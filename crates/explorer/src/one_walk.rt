//! All histories of a script within a bound of delays, by one walk after another.

ghost use Rattle.std.specs.Prelude.{◌≤◌, IfOk};
ghost use Rattle.explorer.specs.Taken.{event_limit};
ghost use Rattle.explorer.specs.Telling.{TellsAll};

use crate::by_delays::ByDelays;
use crate::tally::Tally;
use crate::walker::{Walked, Walker};
use hist_model::policy::Policy;
use hist_model::script::Script;
use std::alloc::Global;
use sys_abi::memory::NoMemory;

/// What walking through all histories came to.
#[derive(Drop)]
pub(crate) enum Attempt {
    /// They have fewer events than the limit.
    Whole(Tally),
    /// They have more, or as many; the script comes back.
    TooMany(Script),
}

/// Walks through all histories with so many delays at most, as long as there are fewer events than the limit.
pub(crate) fn walk_all(
    alloc: Global,
    policy: &Policy,
    workers: u8,
    script: Script,
    bound: u64,
) -> Result<Attempt, NoMemory>
    requires workers { workers ≤ 15 }
    requires bound { bound ≤ event_limit }
    ensures { IfOk result (λ attempt. TellsAll policy.now script workers bound attempt) }
{
    let mut found = ByDelays::none(alloc, bound);
    let mut walker = Walker::begin(alloc, script, bound)?;
    'walks: loop {
        match walker.next(alloc, policy, workers)? {
            Walked::All(_script) => {
                let all = found.joined(alloc)?;
                return Ok(Attempt::Whole(all));
            }
            Walked::Ended {
                left,
                history,
                hidden,
                rest,
            } => {
                found.note(alloc, policy, left, &history, hidden.as_slice())?;
                if found.is_full() {
                    return Ok(Attempt::TooMany(rest.into_script()?));
                }
                walker = rest;
            }
        }
    }
}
------------------------------------------------
* TASK REQUIREMENTS:
The response should consist of every record, written out exactly as given.

* ANSWER TO THIS TASK:
filename crates/explorer/src/one_walk.rt
//! All histories of a script within a bound of delays, by one walk after another.

ghost use Rattle.std.specs.Prelude.{◌≤◌, IfOk};
ghost use Rattle.explorer.specs.Taken.{event_limit};
ghost use Rattle.explorer.specs.Telling.{TellsAll};

use crate::by_delays::ByDelays;
use crate::tally::Tally;
use crate::walker::{Walked, Walker};
use hist_model::policy::Policy;
use hist_model::script::Script;
use std::alloc::Global;
use sys_abi::memory::NoMemory;

/// What walking through all histories came to.
#[derive(Drop)]
pub(crate) enum Attempt {
    /// They have fewer events than the limit.
    Whole(Tally),
    /// They have more, or as many; the script comes back.
    TooMany(Script),
}

/// Walks through all histories with so many delays at most, as long as there are fewer events than the limit.
pub(crate) fn walk_all(
    alloc: Global,
    policy: &Policy,
    workers: u8,
    script: Script,
    bound: u64,
) -> Result<Attempt, NoMemory>
    requires workers { workers ≤ 15 }
    requires bound { bound ≤ event_limit }
    ensures { IfOk result (λ attempt. TellsAll policy.now script workers bound attempt) }
{
    let mut found = ByDelays::none(alloc, bound);
    let mut walker = Walker::begin(alloc, script, bound)?;
    'walks: loop {
        match walker.next(alloc, policy, workers)? {
            Walked::All(_script) => {
                let all = found.joined(alloc)?;
                return Ok(Attempt::Whole(all));
            }
            Walked::Ended {
                left,
                history,
                hidden,
                rest,
            } => {
                found.note(alloc, policy, left, &history, hidden.as_slice())?;
                if found.is_full() {
                    return Ok(Attempt::TooMany(rest.into_script()?));
                }
                walker = rest;
            }
        }
    }
}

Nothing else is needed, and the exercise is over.